→ What to do:
Everything in the listing must be transcribed exactly, from the first line to the last.

→ Data to examine:
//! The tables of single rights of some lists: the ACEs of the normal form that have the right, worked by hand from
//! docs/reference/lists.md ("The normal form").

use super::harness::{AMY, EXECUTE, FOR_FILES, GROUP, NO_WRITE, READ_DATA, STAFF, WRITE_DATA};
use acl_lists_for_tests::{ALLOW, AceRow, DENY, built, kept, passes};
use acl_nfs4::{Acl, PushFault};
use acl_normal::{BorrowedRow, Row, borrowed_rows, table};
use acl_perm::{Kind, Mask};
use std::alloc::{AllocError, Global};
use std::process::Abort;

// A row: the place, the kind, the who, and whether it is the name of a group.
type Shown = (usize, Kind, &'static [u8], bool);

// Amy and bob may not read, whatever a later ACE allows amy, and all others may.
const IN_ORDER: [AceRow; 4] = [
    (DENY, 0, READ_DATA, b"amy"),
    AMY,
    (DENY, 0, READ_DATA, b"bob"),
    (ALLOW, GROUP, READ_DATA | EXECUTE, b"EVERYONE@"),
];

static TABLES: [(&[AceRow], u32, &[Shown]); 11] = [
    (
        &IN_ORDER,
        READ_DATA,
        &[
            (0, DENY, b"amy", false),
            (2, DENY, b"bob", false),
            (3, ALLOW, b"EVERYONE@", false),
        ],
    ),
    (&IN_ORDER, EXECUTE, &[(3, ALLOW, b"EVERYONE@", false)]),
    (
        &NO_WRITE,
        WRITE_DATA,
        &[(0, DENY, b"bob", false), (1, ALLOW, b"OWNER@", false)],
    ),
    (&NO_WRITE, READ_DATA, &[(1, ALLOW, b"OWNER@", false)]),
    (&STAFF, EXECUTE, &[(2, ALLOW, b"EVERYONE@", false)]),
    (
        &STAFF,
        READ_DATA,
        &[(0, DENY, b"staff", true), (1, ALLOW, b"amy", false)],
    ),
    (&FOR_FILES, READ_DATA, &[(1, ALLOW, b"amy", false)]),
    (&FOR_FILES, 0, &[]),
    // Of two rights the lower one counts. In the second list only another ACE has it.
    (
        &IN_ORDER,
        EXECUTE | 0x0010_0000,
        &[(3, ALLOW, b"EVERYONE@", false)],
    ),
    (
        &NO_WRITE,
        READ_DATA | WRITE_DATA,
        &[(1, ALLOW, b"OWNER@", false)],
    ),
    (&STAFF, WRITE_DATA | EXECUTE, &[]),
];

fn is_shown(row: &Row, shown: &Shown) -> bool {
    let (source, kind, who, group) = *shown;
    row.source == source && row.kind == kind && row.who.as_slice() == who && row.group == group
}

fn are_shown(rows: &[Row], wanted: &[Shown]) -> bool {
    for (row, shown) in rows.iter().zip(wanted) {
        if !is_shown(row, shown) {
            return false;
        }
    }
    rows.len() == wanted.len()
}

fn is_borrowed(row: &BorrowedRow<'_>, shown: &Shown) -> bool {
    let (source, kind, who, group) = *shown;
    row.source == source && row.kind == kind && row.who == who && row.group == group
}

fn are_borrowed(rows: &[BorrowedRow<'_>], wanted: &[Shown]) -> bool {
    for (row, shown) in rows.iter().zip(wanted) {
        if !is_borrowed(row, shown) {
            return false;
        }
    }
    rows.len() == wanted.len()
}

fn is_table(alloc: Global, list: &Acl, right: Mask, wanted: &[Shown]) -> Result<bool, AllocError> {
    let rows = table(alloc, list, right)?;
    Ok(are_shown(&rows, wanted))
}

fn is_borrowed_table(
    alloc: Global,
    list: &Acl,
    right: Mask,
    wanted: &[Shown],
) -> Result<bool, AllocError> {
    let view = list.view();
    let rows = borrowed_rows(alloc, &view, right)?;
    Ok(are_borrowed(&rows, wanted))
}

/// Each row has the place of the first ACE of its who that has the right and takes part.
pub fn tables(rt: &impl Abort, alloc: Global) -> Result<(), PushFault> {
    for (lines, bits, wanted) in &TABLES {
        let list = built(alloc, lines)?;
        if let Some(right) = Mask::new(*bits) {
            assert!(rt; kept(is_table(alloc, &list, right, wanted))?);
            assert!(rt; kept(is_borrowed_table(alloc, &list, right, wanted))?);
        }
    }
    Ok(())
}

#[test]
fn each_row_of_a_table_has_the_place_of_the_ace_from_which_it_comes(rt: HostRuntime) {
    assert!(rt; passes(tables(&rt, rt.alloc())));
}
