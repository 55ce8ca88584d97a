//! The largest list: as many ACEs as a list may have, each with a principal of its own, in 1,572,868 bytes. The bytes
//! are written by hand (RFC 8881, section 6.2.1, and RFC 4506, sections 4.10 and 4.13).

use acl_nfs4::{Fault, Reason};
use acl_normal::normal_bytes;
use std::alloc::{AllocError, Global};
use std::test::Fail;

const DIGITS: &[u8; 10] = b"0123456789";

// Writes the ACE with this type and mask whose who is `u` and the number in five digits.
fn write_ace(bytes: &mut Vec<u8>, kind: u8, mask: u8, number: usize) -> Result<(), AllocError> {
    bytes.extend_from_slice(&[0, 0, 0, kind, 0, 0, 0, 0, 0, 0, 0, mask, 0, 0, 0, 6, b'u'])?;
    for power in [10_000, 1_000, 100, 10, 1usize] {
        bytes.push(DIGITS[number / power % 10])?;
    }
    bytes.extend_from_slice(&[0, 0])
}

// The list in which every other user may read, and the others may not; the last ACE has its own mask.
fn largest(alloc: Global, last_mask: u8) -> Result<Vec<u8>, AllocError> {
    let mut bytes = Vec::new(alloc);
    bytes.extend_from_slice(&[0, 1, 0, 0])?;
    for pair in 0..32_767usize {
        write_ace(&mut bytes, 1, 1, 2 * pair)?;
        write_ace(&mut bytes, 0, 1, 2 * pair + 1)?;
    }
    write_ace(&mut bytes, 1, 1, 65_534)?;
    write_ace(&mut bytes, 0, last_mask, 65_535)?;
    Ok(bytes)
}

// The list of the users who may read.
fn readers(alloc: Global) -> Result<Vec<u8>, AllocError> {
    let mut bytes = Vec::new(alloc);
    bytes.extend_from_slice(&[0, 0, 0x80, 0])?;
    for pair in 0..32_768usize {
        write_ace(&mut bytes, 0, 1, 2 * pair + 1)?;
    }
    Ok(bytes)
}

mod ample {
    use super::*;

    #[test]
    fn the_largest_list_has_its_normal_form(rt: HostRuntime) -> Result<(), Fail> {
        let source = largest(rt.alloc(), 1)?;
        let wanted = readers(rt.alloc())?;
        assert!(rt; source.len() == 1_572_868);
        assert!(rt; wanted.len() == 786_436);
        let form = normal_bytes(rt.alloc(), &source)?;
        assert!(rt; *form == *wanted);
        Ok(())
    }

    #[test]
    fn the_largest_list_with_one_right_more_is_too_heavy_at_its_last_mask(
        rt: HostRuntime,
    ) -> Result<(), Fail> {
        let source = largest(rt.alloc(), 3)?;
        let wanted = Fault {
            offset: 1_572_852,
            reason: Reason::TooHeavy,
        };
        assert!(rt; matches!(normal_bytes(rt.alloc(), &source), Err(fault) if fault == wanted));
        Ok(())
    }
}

→ Output:
//! The tables of single rights of some lists: the ACEs of the normal form that have the right, worked by hand from
//! docs/reference/lists.md ("The normal form").

use super::harness::{AMY, EXECUTE, FOR_FILES, GROUP, NO_WRITE, READ_DATA, STAFF, WRITE_DATA};
use acl_lists_for_tests::{ALLOW, AceRow, DENY, built, kept, passes};
use acl_nfs4::{Acl, PushFault};
use acl_normal::{BorrowedRow, Row, borrowed_rows, table};
use acl_perm::{Kind, Mask};
use std::alloc::{AllocError, Global};
use std::process::Abort;

// A row: the place, the kind, the who, and whether it is the name of a group.
type Shown = (usize, Kind, &'static [u8], bool);

// Amy and bob may not read, whatever a later ACE allows amy, and all others may.
const IN_ORDER: [AceRow; 4] = [
    (DENY, 0, READ_DATA, b"amy"),
    AMY,
    (DENY, 0, READ_DATA, b"bob"),
    (ALLOW, GROUP, READ_DATA | EXECUTE, b"EVERYONE@"),
];

static TABLES: [(&[AceRow], u32, &[Shown]); 11] = [
    (
        &IN_ORDER,
        READ_DATA,
        &[
            (0, DENY, b"amy", false),
            (2, DENY, b"bob", false),
            (3, ALLOW, b"EVERYONE@", false),
        ],
    ),
    (&IN_ORDER, EXECUTE, &[(3, ALLOW, b"EVERYONE@", false)]),
    (
        &NO_WRITE,
        WRITE_DATA,
        &[(0, DENY, b"bob", false), (1, ALLOW, b"OWNER@", false)],
    ),
    (&NO_WRITE, READ_DATA, &[(1, ALLOW, b"OWNER@", false)]),
    (&STAFF, EXECUTE, &[(2, ALLOW, b"EVERYONE@", false)]),
    (
        &STAFF,
        READ_DATA,
        &[(0, DENY, b"staff", true), (1, ALLOW, b"amy", false)],
    ),
    (&FOR_FILES, READ_DATA, &[(1, ALLOW, b"amy", false)]),
    (&FOR_FILES, 0, &[]),
    // Of two rights the lower one counts. In the second list only another ACE has it.
    (
        &IN_ORDER,
        EXECUTE | 0x0010_0000,
        &[(3, ALLOW, b"EVERYONE@", false)],
    ),
    (
        &NO_WRITE,
        READ_DATA | WRITE_DATA,
        &[(1, ALLOW, b"OWNER@", false)],
    ),
    (&STAFF, WRITE_DATA | EXECUTE, &[]),
];

fn is_shown(row: &Row, shown: &Shown) -> bool {
    let (source, kind, who, group) = *shown;
    row.source == source && row.kind == kind && row.who.as_slice() == who && row.group == group
}

fn are_shown(rows: &[Row], wanted: &[Shown]) -> bool {
    for (row, shown) in rows.iter().zip(wanted) {
        if !is_shown(row, shown) {
            return false;
        }
    }
    rows.len() == wanted.len()
}

fn is_borrowed(row: &BorrowedRow<'_>, shown: &Shown) -> bool {
    let (source, kind, who, group) = *shown;
    row.source == source && row.kind == kind && row.who == who && row.group == group
}

fn are_borrowed(rows: &[BorrowedRow<'_>], wanted: &[Shown]) -> bool {
    for (row, shown) in rows.iter().zip(wanted) {
        if !is_borrowed(row, shown) {
            return false;
        }
    }
    rows.len() == wanted.len()
}

fn is_table(alloc: Global, list: &Acl, right: Mask, wanted: &[Shown]) -> Result<bool, AllocError> {
    let rows = table(alloc, list, right)?;
    Ok(are_shown(&rows, wanted))
}

fn is_borrowed_table(
    alloc: Global,
    list: &Acl,
    right: Mask,
    wanted: &[Shown],
) -> Result<bool, AllocError> {
    let view = list.view();
    let rows = borrowed_rows(alloc, &view, right)?;
    Ok(are_borrowed(&rows, wanted))
}

/// Each row has the place of the first ACE of its who that has the right and takes part.
pub fn tables(rt: &impl Abort, alloc: Global) -> Result<(), PushFault> {
    for (lines, bits, wanted) in &TABLES {
        let list = built(alloc, lines)?;
        if let Some(right) = Mask::new(*bits) {
            assert!(rt; kept(is_table(alloc, &list, right, wanted))?);
            assert!(rt; kept(is_borrowed_table(alloc, &list, right, wanted))?);
        }
    }
    Ok(())
}

#[test]
fn each_row_of_a_table_has_the_place_of_the_ace_from_which_it_comes(rt: HostRuntime) {
    assert!(rt; passes(tables(&rt, rt.alloc())));
}
repository 55ce8ca88584d97a
//! The largest list: as many ACEs as a list may have, each with a principal of its own, in 1,572,868 bytes. The bytes
//! are written by hand (RFC 8881, section 6.2.1, and RFC 4506, sections 4.10 and 4.13).

use acl_nfs4::{Fault, Reason};
use acl_normal::normal_bytes;
use std::alloc::{AllocError, Global};
use std::test::Fail;

const DIGITS: &[u8; 10] = b"0123456789";

// Writes the ACE with this type and mask whose who is `u` and the number in five digits.
fn write_ace(bytes: &mut Vec<u8>, kind: u8, mask: u8, number: usize) -> Result<(), AllocError> {
    bytes.extend_from_slice(&[0, 0, 0, kind, 0, 0, 0, 0, 0, 0, 0, mask, 0, 0, 0, 6, b'u'])?;
    for power in [10_000, 1_000, 100, 10, 1usize] {
        bytes.push(DIGITS[number / power % 10])?;
    }
    bytes.extend_from_slice(&[0, 0])
}

// The list in which every other user may read, and the others may not; the last ACE has its own mask.
fn largest(alloc: Global, last_mask: u8) -> Result<Vec<u8>, AllocError> {
    let mut bytes = Vec::new(alloc);
    bytes.extend_from_slice(&[0, 1, 0, 0])?;
    for pair in 0..32_767usize {
        write_ace(&mut bytes, 1, 1, 2 * pair)?;
        write_ace(&mut bytes, 0, 1, 2 * pair + 1)?;
    }
    write_ace(&mut bytes, 1, 1, 65_534)?;
    write_ace(&mut bytes, 0, last_mask, 65_535)?;
    Ok(bytes)
}

// The list of the users who may read.
fn readers(alloc: Global) -> Result<Vec<u8>, AllocError> {
    let mut bytes = Vec::new(alloc);
    bytes.extend_from_slice(&[0, 0, 0x80, 0])?;
    for pair in 0..32_768usize {
        write_ace(&mut bytes, 0, 1, 2 * pair + 1)?;
    }
    Ok(bytes)
}

mod ample {
    use super::*;

    #[test]
    fn the_largest_list_has_its_normal_form(rt: HostRuntime) -> Result<(), Fail> {
        let source = largest(rt.alloc(), 1)?;
        let wanted = readers(rt.alloc())?;
        assert!(rt; source.len() == 1_572_868);
        assert!(rt; wanted.len() == 786_436);
        let form = normal_bytes(rt.alloc(), &source)?;
        assert!(rt; *form == *wanted);
        Ok(())
    }

    #[test]
    fn the_largest_list_with_one_right_more_is_too_heavy_at_its_last_mask(
        rt: HostRuntime,
    ) -> Result<(), Fail> {
        let source = largest(rt.alloc(), 3)?;
        let wanted = Fault {
            offset: 1_572_852,
            reason: Reason::TooHeavy,
        };
        assert!(rt; matches!(normal_bytes(rt.alloc(), &source), Err(fault) if fault == wanted));
        Ok(())
    }
}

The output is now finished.